Pendragon saw Sammy Samson pass the window and enter the pub. He gave him a discreet wave. Sammy smiled and strode over to the table, extending one hand as Pendragon stood up. He was wearing an ancient double-breasted suit with stains down the front, the shoulders and elbows shiny with wear. His shirt was off-white with a ragged blue tie keeping the collar almost closed. He had shaved, but badly, leaving lines of half-shorn stubble here and there and a trail of bloodied nicks.

‘Pendragon, old boy,’ Sammy said. ‘It’s been a while.’ His voice was brandy-cracked and ravaged by tobacco and God knows what else, but Sammy still spoke the Queen’s English like the old Etonian he was. Pendragon indicated he should sit and called Sammy’s order to the barman before turning back to look at the man in front of him.
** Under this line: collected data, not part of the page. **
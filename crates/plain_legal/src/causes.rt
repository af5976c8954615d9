ghost use Rattle.std.specs.Prelude.{map, ◌≡◌, ◌≤◌, ◌++◌, ◌∷◌, ◌==◌, ◌||◌, IfOk, OnOk, length, not, count_by, flat_map, nat_le, nat_eq, IsTrue, ◌↔◌};
ghost use Rattle.std.specs.List.{list_all, IsDistinct, AllByRecursion as Each};
ghost use Rattle.st_model.specs.Causes.{is_input_fault, is_stop, is_stored, HaveCauses};
ghost use Rattle.st_model.specs.Legal.{files_of};
ghost use Rattle.plain_legal.specs.Runs.{are_distinct, is_stopped_by, have_causes};

use plain_model::{is_change, placed_of};
use st_base::List;
use st_model::{Call, Placed, Refusal, Reply};
use std::alloc::{AllocError, Global};

// ---- file numbers

// Puts the file numbers of a call at the end.
fn push_files(numbers: &mut List<u64>, call: &Call) -> Result<(), AllocError>
    ensures { OnOk result (numbers.new ≡ numbers.old ++ files_of call.now) }
{
    push_placed(numbers, placed_of(&call.reply))
}

// Puts the file numbers at the end.
fn push_placed(numbers: &mut List<u64>, placed: &[Placed]) -> Result<(), AllocError>
    ensures { OnOk result (numbers.new ≡ numbers.old ++ map (λ one. one.file) placed.now) }
{
    for one in placed {
        numbers.push(one.file)?;
    }
    Ok(())
}

// The file numbers of the calls.
fn file_numbers(alloc: Global, calls: &[Call]) -> Result<List<u64>, AllocError>
    ensures { IfOk result (λ numbers. numbers ≡ flat_map files_of calls.now) }
{
    let mut numbers = List::new(alloc);
    for call in calls {
        push_files(&mut numbers, call)?;
    }
    Ok(numbers)
}

// Whether the number isn't among these.
fn is_new(number: u64, numbers: &[u64]) -> bool
    ensures { result ≡ list_all (λ other. not (number == other)) numbers.now }
{
    numbers.iter().all(|other| number != *other)
}

// Whether no number stands twice.
fn are_distinct(numbers: &[u64]) -> bool
    ensures { result ≡ are_distinct numbers.now }
{
    for (index, number) in numbers.iter().enumerate() {
        if !is_new(*number, &numbers[index + 1..]) {
            return false;
        }
    }
    true
}

/// Whether no two files of the calls have one number.
pub fn have_numbers_once(alloc: Global, calls: &[Call]) -> Result<bool, AllocError>
    ensures { IfOk result (λ holds. IsTrue holds ↔ (IsDistinct nat_eq (flat_map files_of calls.now))) }
{
    let numbers = file_numbers(alloc, calls)?;
    let holds = are_distinct(numbers.as_slice());
    Ok(holds)
}

// ---- causes

// Whether the reply says that the inputs failed.
fn is_input_fault(reply: &Reply) -> bool
    ensures { result ≡ is_input_fault reply.now }
{
    match reply {
        Reply::Refused(refusal) => matches!(refusal, Refusal::InputFault(_)),
        _ => false,
    }
}

// Whether the reply says that the disk failed, in this call or before.
fn is_stop(reply: &Reply) -> bool
    ensures { result ≡ is_stop reply.now }
{
    match reply {
        Reply::Refused(refusal) => matches!(refusal, Refusal::Stopped | Refusal::DiskFault),
        _ => false,
    }
}

// Whether the reply is that of a change that a stopped store doesn't make.
fn is_stored(reply: &Reply) -> bool
    ensures { result ≡ is_stored reply.now }
{
    match reply {
        Reply::Snapshot(_) => false,
        Reply::Released => false,
        _ => is_change(reply),
    }
}

// How many of the calls say that the inputs failed.
fn input_faults(calls: &[Call]) -> usize
    ensures { result ≡ count_by (λ call. is_input_fault call.reply) calls.now }
{
    let mut count = 0_usize;
    for call in calls {
        if is_input_fault(&call.reply) {
            count += 1;
        }
    }
    count
}

// Whether none of the calls says that the disk failed.
fn never_stops(calls: &[Call]) -> bool
    ensures { result ≡ list_all (λ call. not (is_stop call.reply)) calls.now }
{
    calls.iter().all(|call| !is_stop(&call.reply))
}

// Whether no change that a stopped store doesn't make has a greater place.
fn stores_up_to(place: u64, calls: &[Call]) -> bool
    ensures { result ≡ list_all (λ call. not (is_stored call.reply) || nat_le call.place place) calls.now }
{
    calls
        .iter()
        .all(|call| !is_stored(&call.reply) || call.place <= place)
}

// Whether behind a stop no change is stored.
fn is_stopped_by(calls: &[Call], stop: &Call) -> bool
    ensures { result ≡ is_stopped_by calls.now stop.now }
{
    !is_stop(&stop.reply) || stores_up_to(stop.place, calls)
}

// Whether behind each stop no change is stored.
fn are_stopped(calls: &[Call]) -> bool
    ensures { result ≡ list_all (is_stopped_by calls.now) calls.now }
{
    calls.iter().all(|stop| is_stopped_by(calls, stop))
}

// Whether the refusals that come from a fault have one, as a test.
fn are_caused(calls: &[Call], faults: u64, disk_failed: bool) -> bool
    ensures { result ≡ have_causes calls.now faults disk_failed }
{
    let counted = input_faults(calls) as u64 <= faults;
    counted && (disk_failed || never_stops(calls)) && are_stopped(calls)
}

/// Whether the refusals that come from a fault have one. The inputs' count of faults rose by so many, and the disk's rose
/// or didn't.
pub fn have_causes(calls: &[Call], faults: u64, disk_failed: bool) -> bool
    ensures { IsTrue result ↔ (HaveCauses calls.now faults disk_failed) }
{
    are_caused(calls, faults, disk_failed)
}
The Hon. Sammy Samson was the stuff of legend and Pendragon knew he should only take notice of a fraction of what was said about the man. What had passed through
the DCI’s filter was that Sammy was a genuine aristocrat, the son of an earl who had lost the favour of his family decades earlier and been cut off without a penny. Back in the late sixties he had fallen into the drug culture, survived a spell managing a couple of bands, and then become a full-blown junkie. His father had expelled him from the family and none of his siblings would talk to him.

By that time, he was already enamoured with what had to him become a charming alternate reality: the East End and the ordinary lives of ordinary people. Even in his early twenties, he had felt more at home enjoying a pint of brown ale and a knees-up at the local boozer than back on the playing fields of Eton or at Royal Ascot. Rejection by his own family had strengthened these feelings, and with surprising ease he had become part of the Stepney scene. Later, he had fallen in with the gang lords, worked as an accountant for the Krays, spent five years in jail, and then simply turned to a life of wandering around the East End, day after day, week after week, decade upon decade.